Chroniques

Le monde d’après?

POLYPHONIE AUTOUR DE L’ÉGALITÉ

A force de s’entendre dire qu’il fallait tirer parti de la situation qui nous était imposée, qu’il fallait profiter du (semi-)confinement pour revoir nos priorités, imaginer un autre possible, se réinventer, nous nous sommes laissé tenter. Après tout, ces deux mois n’ont-ils pas montré une nature prête à reprendre ses aises, pourquoi ne ferions-nous pas de même avec nos sociétés, nos vies? Le monde d’après, c’est aussi celui qui se réveille petit à petit et commémore un an de la grève féministe de 2019. Là encore, malgré des mobilisations décentralisées (mesures sanitaires obligent), une occasion d’imaginer d’autres modes de vie, de proposer une utopie féministe.

Alors, imaginons… un monde où on aurait quitté l’urgence, où on commencerait à décélérer: en matière de production, de consommation, de travail et d’activités.
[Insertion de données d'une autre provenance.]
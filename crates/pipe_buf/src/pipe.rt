//! A pipe's bytes, in a ring.

ghost use Rattle.std.specs.Prelude.{◌≡◌, ◌==◌, ◌-◌, ◌≤◌, [], ◌++◌, IfOk, drop, length, min, take};

use circular_buffer::HeapCircularBuffer;
use lego_base::NoMemory;
use std::alloc::Global;
use std::marker::Model;

/// Bytes that a pipe holds at most: the capacity that pipe(7) gives since Linux 2.6.11.
pub const PIPE_BYTES: usize = 65536;

/// The bytes in a pipe. Contracts see the list of them, the oldest first.
#[derive(Drop)]
pub struct Pipe {
    ring: HeapCircularBuffer<u8>, // with room for `PIPE_BYTES`
}

impl Model for Pipe {
    ghost use Rattle.std.specs.Prelude.{◌≡◌, ◌≤◌, ℕ, List, length};
    ghost use Rattle.pipe_buf.specs.declared.pipe.TheConstants.{PIPE_BYTES};

    ghost Value = { List ℕ };

    ghost view = { λ p. p.ring.items };

    ghost invariant = { λ p. p.ring.capacity ≡ PIPE_BYTES };
}

impl Pipe {
    /// An empty pipe, with all memory that it will ever need.
    pub fn new(alloc: Global) -> Result<Pipe, NoMemory>
        ensures { IfOk result (λ p. p ≡ []) }
    {
        let ring = HeapCircularBuffer::with_capacity(alloc, PIPE_BYTES)?;
        Ok(Pipe { ring })
    }

    /// The number of bytes in it.
    pub fn len(&self) -> usize
        ensures len { result ≡ length self.now }
        ensures within { result ≤ PIPE_BYTES }
    {
        self.ring.len()
    }

    /// Whether no byte is in it.
    pub fn is_empty(&self) -> bool
        ensures { result ≡ (length self.now == 0) }
    {
        self.ring.is_empty()
    }

    /// How many more bytes fit.
    pub fn room(&self) -> usize
        ensures { result ≡ PIPE_BYTES - length self.now }
    {
        PIPE_BYTES - self.ring.len()
    }

    /// Puts the first of some bytes, as many as fit, and returns how many these are.
    pub fn put(&mut self, bytes: &[u8]) -> usize
        ensures count { result ≡ min (length bytes.now) (PIPE_BYTES - length self.old) }
        ensures bytes { self.new ≡ self.old ++ take result bytes.now }
    {
        self.ring.fill_from_slice(bytes)
    }

    /// Takes the oldest bytes out, as many as there are and as the buffer holds, and returns how many these are. The rest of
    /// the buffer stays as it is.
    pub fn take(&mut self, buf: &mut [u8]) -> usize
        ensures count { result ≡ min (length buf.old) (length self.old) }
        ensures buf { buf.new ≡ take result self.old ++ drop result buf.old }
        ensures rest { self.new ≡ drop result self.old }
    {
        self.ring.read_into(buf)
    }

    /// Copies the bytes that `take` would take, and leaves them in.
    pub fn peek(&self, buf: &mut [u8]) -> usize
        ensures count { result ≡ min (length buf.old) (length self.now) }
        ensures buf { buf.new ≡ take result self.now ++ drop result buf.old }
    {
        let (front, back) = self.ring.as_slices();
        let from_front = front.len().min(buf.len());
        let from_back = back.len().min(buf.len() - from_front);
        let count = from_front + from_back;
        buf[..from_front].copy_from_slice(&front[..from_front]);
        buf[from_front..count].copy_from_slice(&back[..from_back]);
        count
    }
}
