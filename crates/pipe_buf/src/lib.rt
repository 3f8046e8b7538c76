//! The bytes in a pipe, as in pipe(7): at most 65536, taken in the order in which they were put.
//!
//! Contracts see a [`Pipe`] as the list of its bytes, the oldest first. Only `Pipe::new` takes memory.
#![tactic(auto)]

mod pipe;

pub use pipe::{PIPE_BYTES, Pipe};

#[cfg(test)]
mod tests;
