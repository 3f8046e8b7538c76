//! A pipe from empty to full and past its ring's end.

use crate::{PIPE_BYTES, Pipe};
use std::test::Fail;

#[test]
fn bytes_come_out_in_order(rt: HostRuntime) -> Result<(), Fail> {
    let mut pipe = Pipe::new(rt.alloc())?;
    let many = vec![in rt.alloc(); 7u8; PIPE_BYTES]?;
    assert_eq!(rt; pipe.put(b"abc"), 3);
    assert_eq!(rt; pipe.put(many.as_slice()), 65533);
    assert_eq!(rt; pipe.put(b"d"), 0);
    let mut buf = [0u8; 4];
    assert_eq!(rt; pipe.peek(&mut buf), 4);
    assert_eq!(rt; buf.as_slice(), b"abc\x07".as_slice());
    assert_eq!(rt; pipe.take(&mut buf[..2]), 2);
    assert_eq!(rt; pipe.room(), 2);
    assert_eq!(rt; pipe.put(b"xyz"), 2);
    let mut rest = vec![in rt.alloc(); 0u8; PIPE_BYTES]?;
    assert_eq!(rt; pipe.take(rest.as_mut_slice()), PIPE_BYTES);
    assert!(rt; rest.as_slice().starts_with(b"c\x07") && rest.as_slice().ends_with(b"\x07xy"));
    assert!(rt; pipe.is_empty());
    assert_eq!(rt; pipe.take(&mut buf), 0);
    Ok(())
}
Un monde où la production de biens et de services serait là pour assurer le bien-être du plus grand nombre et non pas les bénéfices d’une minorité; où la logique des services publics reprendrait le dessus sur la logique du profit. Un monde où l’on consommerait en fonction de nos besoins et non pour accumuler, ni se rassurer ou encore paraître, où l’on pourrait davantage consommer local, régional, et retrouver le plaisir de savourer les fruits et légumes saisonniers…

Un monde où des métiers essentiels au bien-être de la population comme la santé, la prise en charge des personnes âgées et des enfants, les soins à la personne, le commerce de proximité, le nettoyage seraient socialement et économiquement revalorisés; où les inégalités de rémunération au sein de la population active, entre femmes et hommes en particulier, auraient disparu; où le travail de reproduction essentiel à la société dans son ensemble serait reconnu, valorisé. Un monde où l’on travaillerait moins et où l’on cesserait de courir après le temps pour pouvoir faire les courses, préparer les repas, nettoyer, laver, repasser; où on aurait le temps de jardiner, bricoler, rêver, ne rien faire…

Un monde où l’on aurait le temps de réinventer nos vies, nos relations, nos amitiés. Un monde où nos amours ne seraient pas contraintes par des modèles et des normes sociales étouffantes; où l’on pourrait être en couple ou non, aimer des femmes, des hommes, les deux, où l’amour pourrait se décliner à deux ou à plus si on le veut. Un monde où l’on aurait le temps de connaître les personnes du quartier, de partager nos expériences, un repas, un verre, le jardinage ou toute autre activité, où nous tisserions des liens avec des personnes de nationalités et de générations différentes. Un monde où les catégories auraient volé en éclats: femmes, hommes, noirs, blancs, où nous pourrions simplement être humain-e-s; où l’on ne serait plus réduit-e-s à des identités figées, mais où on réinventerait librement qui nous sommes sans limites.

Malheureusement, le monde d’après n’est pas très différent de celui d’avant. Au contraire, il semble juste faire montre d’une impatience plus forte, d’une brutalité momentanément ignorée car passée au second plan. Les violences au sein du couple et dans les familles ont probablement augmenté durant le confinement. Le semi-confinement n’a pas été synonyme de répartition égalitaire des tâches éducatives et de soin, au contraire. La charge mentale n’en a été que plus prononcée pour de nombreuses femmes. En outre, les mesures barrières pour contrer la propagation du virus ont poussé de nombreuses femmes issues de la migration et actives dans le secteur domestique dans une extrême précarité. Enfin, les discriminations racistes sont toujours aussi violentes comme l’a rappelé la mort de George Floyd.

Le monde d’après ressemble à s’y méprendre à celui d’avant, mais il s’arcboute sur le discours de l’urgence, de la crise économique inédite pour atteindre à nos libertés, pour nous museler, et faire taire nos revendications égalitaires, soudain devenues obsolètes tant le discours de la «reconstruction», du «redressement national» emplit l’espace. Une chose est sûre, pour ce monde d’après, nous ne voulons ni d’un retour à «l’anormal» ni d’un retour à la «norme mâle» pour citer des slogans de ce 14 juin 2020. Pour espérer une fois toucher du doigt l’utopie féministe, la mobilisation doit se poursuivre tous les 14 juin, mais aussi tous les jours de ce monde d’après.

Nos chroniqueuses sont investigatrices en études genre.